I knew a really interesting 80-year-old woman. She's the kind of woman I want to be in 40 years. She traveled to the Middle East to see the Holy Land (at 80 years old) and rode a camel. Now, that's an image I want to shoot for. I want to be 80 and ride a camel in Egypt. And as an homage to my mother, I'd like to play a game of Chess with a Turkish man while I'm there (when she was in England in the 1960s, she surprised a Turkish man because she could play). 

When I was graduating college for the first time in the late 1990s, there was a great spoken word song out on the radio called "Everybody's Free To Wear Sunscreenby Baz Luhrmann. It's almost 14 years ago now. Being 40 years old seemed so far in the future.  I imagined I would find my path in life by then and it wouldn't apply to me. (At that time, 40 seemed soooooooo far in the future.)

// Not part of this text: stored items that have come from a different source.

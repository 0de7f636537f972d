// The entries of a section, one behind the other: question 61, which are headers, and record k.
ghost use Rattle.std.specs.Prelude.{◌≡◌, ◌+◌, ◌-◌, ◌≤◌, ◌<◌, length, T};
ghost use Rattle.std.proofs.Math.ListN.{get_elem?};
ghost use Rattle.format.specs.Questions.{is_some};
ghost use Rattle.format.specs.Reader.{second, is_header, records, entries};
ghost use Rattle.reader.specs.Spans.{part, entry_of, entries_from, listed, end_at, Holds, Ends, Spans};

use crate::records::Records;
use crate::section::Span;
use operations::fields::{Position, read_le};

// Where the entry at `at` ends: a 4-byte length, at least 4, and as many bytes.
pub fn entry_end(s: &[u8], at: usize) -> Option<usize>
    ensures { result ≡ end_at s.now at }
{
    let (n, body) = read_le(s, Position::from(at), 4)?;
    if n < 4 {
        return None;
    }
    let from = body.at;
    if s.len() - from < n as usize {
        return None;
    }
    Some(from + n as usize)
}

// Question 61: the entries tile the section.
pub fn tiles(s: &[u8]) -> bool
    ensures { result ≡ is_some (entries s.now) }
{
    let mut at = 0;
    // Kept: a `while` of six lines. `Entries` goes only over a section that has passed this test. An iterator for it would be a second struct, whose
    // `next` has the two tests here, whose items are `Option<usize>` with a state behind the first `None`, and whose clauses say what each gives; then
    // comes `all(|end| end.is_some())`.
    while at < s.len() {
        let Some(end) = entry_end(s, at) else {
            return false;
        };
        at = end;
    }
    true
}

// Where the entry at `at` ends, in a section that is tiled from there on.
pub fn past(s: &[u8], at: usize) -> usize
    requires { (at < length s.now) × T (is_some (entries_from s.now at)) }
    ensures { Ends s.now at result }
{
    let Some(end) = entry_end(s, at) else {
        return 0;
    };
    end
}

// The first field of an entry's body.
fn id_of(body: &[u8]) -> u64
    ensures { result ≡ second body.now }
{
    let Some((v, _)) = read_le(body, Position::START, 4) else {
        return 0;
    };
    v
}

impl Span {
    // The second field, which stands behind the length.
    pub fn second(self, s: &[u8]) -> u64
        requires { Holds s.now self }
        ensures { result ≡ second (part s.now (self.at + 4) self.end) }
    {
        let body = self.at + 4;
        let end = self.end;
        id_of(&s[body..end])
    }

    pub fn is_header(self, s: &[u8], debug: bool) -> bool
        requires { Holds s.now self }
        ensures { result ≡ is_header debug (entry_of s.now self) }
    {
        self.second(s) == numbers::header_id(debug)
    }
}

// The entries of a section, which they tile, from a position on.
// Kept: that they tile it is a clause of `new`, `record_span`, `Records::new` and `Section::header_of`, which are public and take the bytes of a section:
// with a struct that has it as a field they would ask for more by its type.
#[derive(Drop)]
pub struct Entries<'a> {
    pub(crate) section: &'a [u8],
    at: usize,
    ghost tiled: { T (is_some (entries_from section.now at)) },
}

impl<'a> Entries<'a> {
    #[tactic(auto, unfolding(crate::specs::Spans::entries_from, format::specs::Reader::entries))]
    pub fn new(section: &'a [u8]) -> Entries<'a>
        requires { T (is_some (entries section.now)) }
        ensures { (result.section ≡ section.entry) × (result.at ≡ 0) }
    {
        Entries { section, at: 0 }
    }

    // From where an entry starts.
    pub fn starting(section: &'a [u8], at: usize) -> Entries<'a>
        requires { T (is_some (entries_from section.now at)) }
        ensures { (result.section ≡ section.entry) × (result.at ≡ at) }
    {
        Entries { section, at }
    }
}

impl Iterator for Entries<'_> {
    ghost use Rattle.std.specs.Iterator.{at_most};
    ghost use Rattle.reader.specs.Entries.{Gives};

    type Item = Span;

    ghost next_gives = { Gives };

    ghost remaining = { λ s. at_most (length s.section.now - s.at) };

    fn next(&mut self) -> Option<Span> {
        let at = self.at;
        if self.section.len() <= at {
            return None;
        }
        let end = past(self.section, at);
        self.at = end;
        Some(Span { at, end })
    }
}

// Question 62: where record k stands.
pub fn record_span(s: &[u8], debug: bool, k: u64) -> Option<Span>
    requires { T (is_some (entries s.now)) }
    ensures { Spans s.now result (get_elem? (records debug (listed (entries s.now))) k) }
{
    Records::new(s, debug).nth(k as usize)
}
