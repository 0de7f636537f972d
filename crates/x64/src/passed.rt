// What the questions said of functions, once they were answered by yes.
ghost use Rattle.std.specs.Prelude.{◌≡◌};
ghost use Rattle.std.proofs.Math.Option.{none};
ghost use Rattle.format.specs.X64.{prologue_no};
ghost use Rattle.x64.specs.Given.{codes_by, AllAgreed};

use crate::given::{Input, Span};

// A function of whose codes every question was answered by yes.
#[derive(Clone, Copy)]
pub struct Passed<'m, 'l> {
    pub span: Span<'m, 'l>,
    pub ghost passed: { prologue_no span.end (codes_by span) ≡ none },
}

// Functions of which every question was answered by yes.
#[derive(Clone, Copy)]
pub struct Cleared<'m, 'f, 'l> {
    pub input: Input<'m, 'f, 'l>,
    pub ghost agreed: { AllAgreed input },
}
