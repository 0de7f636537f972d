// Whether the LEB numbers of operations are spelled shortest, by the mark that the position past each operation has.
ghost use Rattle.std.specs.Prelude.{◌≡◌, ◌<◌};
ghost use Rattle.format.specs.Shortest.{run_short};

use crate::operation::Operations;
use format::Operation;

// All operations, or those up to the step that would pass p.
pub fn run(s: &[u8], word: u64, p: u64) -> bool
    requires { 0 < word }
    ensures { result ≡ run_short word p s.now }
{
    let mut loc = 0;
    'operations: for read in Operations::new(s, word) {
        let Some((op, next)) = read else {
            return false;
        };
        if !next.shortest {
            return false;
        }
        match op {
            Operation::Nop => continue 'operations,
            Operation::Does(_) => continue 'operations,
            Operation::Step(n) => {
                if p - loc < n {
                    return true;
                }
                loc += n;
            }
        }
    }
    true
}
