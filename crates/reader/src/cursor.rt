// The reader's cursor: a section and a position in one record, and the entry that stands there.
ghost use Rattle.std.specs.Prelude.{◌≡◌};
ghost use Rattle.format.specs.Coded.{numbered, result_of};
ghost use Rattle.reader.specs.Listing.{entry_at};

use crate::entries;
use crate::section::Span;
use format::Question;

// An entry: whether it is a header, where it stands, the value of its length field and where the next one stands.
#[derive(Clone, Copy)]
pub struct Entry {
    pub header: bool,
    pub place: usize,
    pub length: usize,
    pub next: usize,
}

// The entry at a position of a slice. Question 61 says that no entry fits the rest of the section, 62 that the section ends here.
// On a refusal a position stays what it was.
pub fn entry_at(section: &[u8], debug: bool, at: usize) -> Result<Entry, Question>
    ensures { numbered result ≡ result_of (entry_at debug section.now at) }
{
    if section.len() <= at {
        return Err(Question::Record);
    }
    let Some(end) = entries::entry_end(section, at) else {
        return Err(Question::Tiling);
    };
    let header = Span { at, end }.is_header(section, debug);
    Ok(Entry {
        header,
        place: at,
        length: end - (at + 4),
        next: end,
    })
}

// ---- the cursor

// A section and a position in it, for whoever goes over a section's entries. The work is `entry_at`'s.
#[derive(Clone, Copy)]
pub struct Cursor<'a> {
    pub section: &'a [u8],
    pub at: usize,
}

// At the first entry.
pub fn new<'a>(section: &'a [u8]) -> Cursor<'a>
    ensures { (result.section ≡ section.entry) × (result.at ≡ 0) }
{
    Cursor { section, at: 0 }
}

// What stands at the cursor; the answer says where the next entry stands.
// Kept: a struct of section and position with thin functions over one core is a form that document 01 names (docs/DECISIONS.md). `entry_at` is
// the core, `next` is it of a cursor and `next_entry` of a slice (parts calls it): all three are public, and public functions keep their names.
pub fn next<'a>(c: Cursor<'a>, debug: bool) -> Result<Entry, Question>
    ensures { numbered result ≡ result_of (entry_at debug c.entry.section.now c.entry.at) }
{
    entry_at(c.section, debug, c.at)
}

// What stands at a position of a section.
pub fn next_entry(section: &[u8], debug: bool, at: usize) -> Result<Entry, Question>
    ensures { numbered result ≡ result_of (entry_at debug section.now at) }
{
    entry_at(section, debug, at)
}
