//! The theorems, each the contract of a function that does nothing.

ghost use Rattle.batch_sound.specs.Theorem.{AreAnswersSound, AreReportsSound};

use concrete_sem::{steps_are_determined, steps_keep_data};
use domain_laws::Domain;
use imp_chains::{places_are_found, thresholds_rise};

/// Where the answer of a checked program at a location under a call string is a state, the state
/// describes each configuration of a run that stands there, with call sites of which the string is a
/// suffix: its last frame alone, under any inputs.
pub fn answers_are_sound<D: Domain>()
    ensures sound { (d : D) → AreAnswersSound (D.operations d) (D.covers d) }
{
    steps_keep_data();
    thresholds_rise();
    places_are_found();
}

/// Where the report of a checked program says safe of a statement, no run under any inputs ends with
/// the fault of its check there; where it says dead, no run comes to the statement.
pub fn reports_are_sound<D: Domain>()
    ensures sound { (d : D) → AreReportsSound (D.operations d) }
{
    steps_are_determined();
    steps_keep_data();
    thresholds_rise();
    places_are_found();
}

The YouTube Video says the lyrics are from a famous essay written in 1997 by Mary Schmich of the Chicago Tribune. That whole column can be found, here on the Chicago Tribune's Website: http://www.chicagotribune.com/news/columnists/chi-schmich-sunscreen-column,0,4054576.column. It's worth a read. 


Like I said, I like happy endings, so I'm going to close this entry with my favorite line from it. 


"Don't feel guilty if you don't know what you want to do with your life. The most interesting people I know didn't know at 22 what they wanted to do with their lives. Some of the most interesting 40-year-olds I know still don't."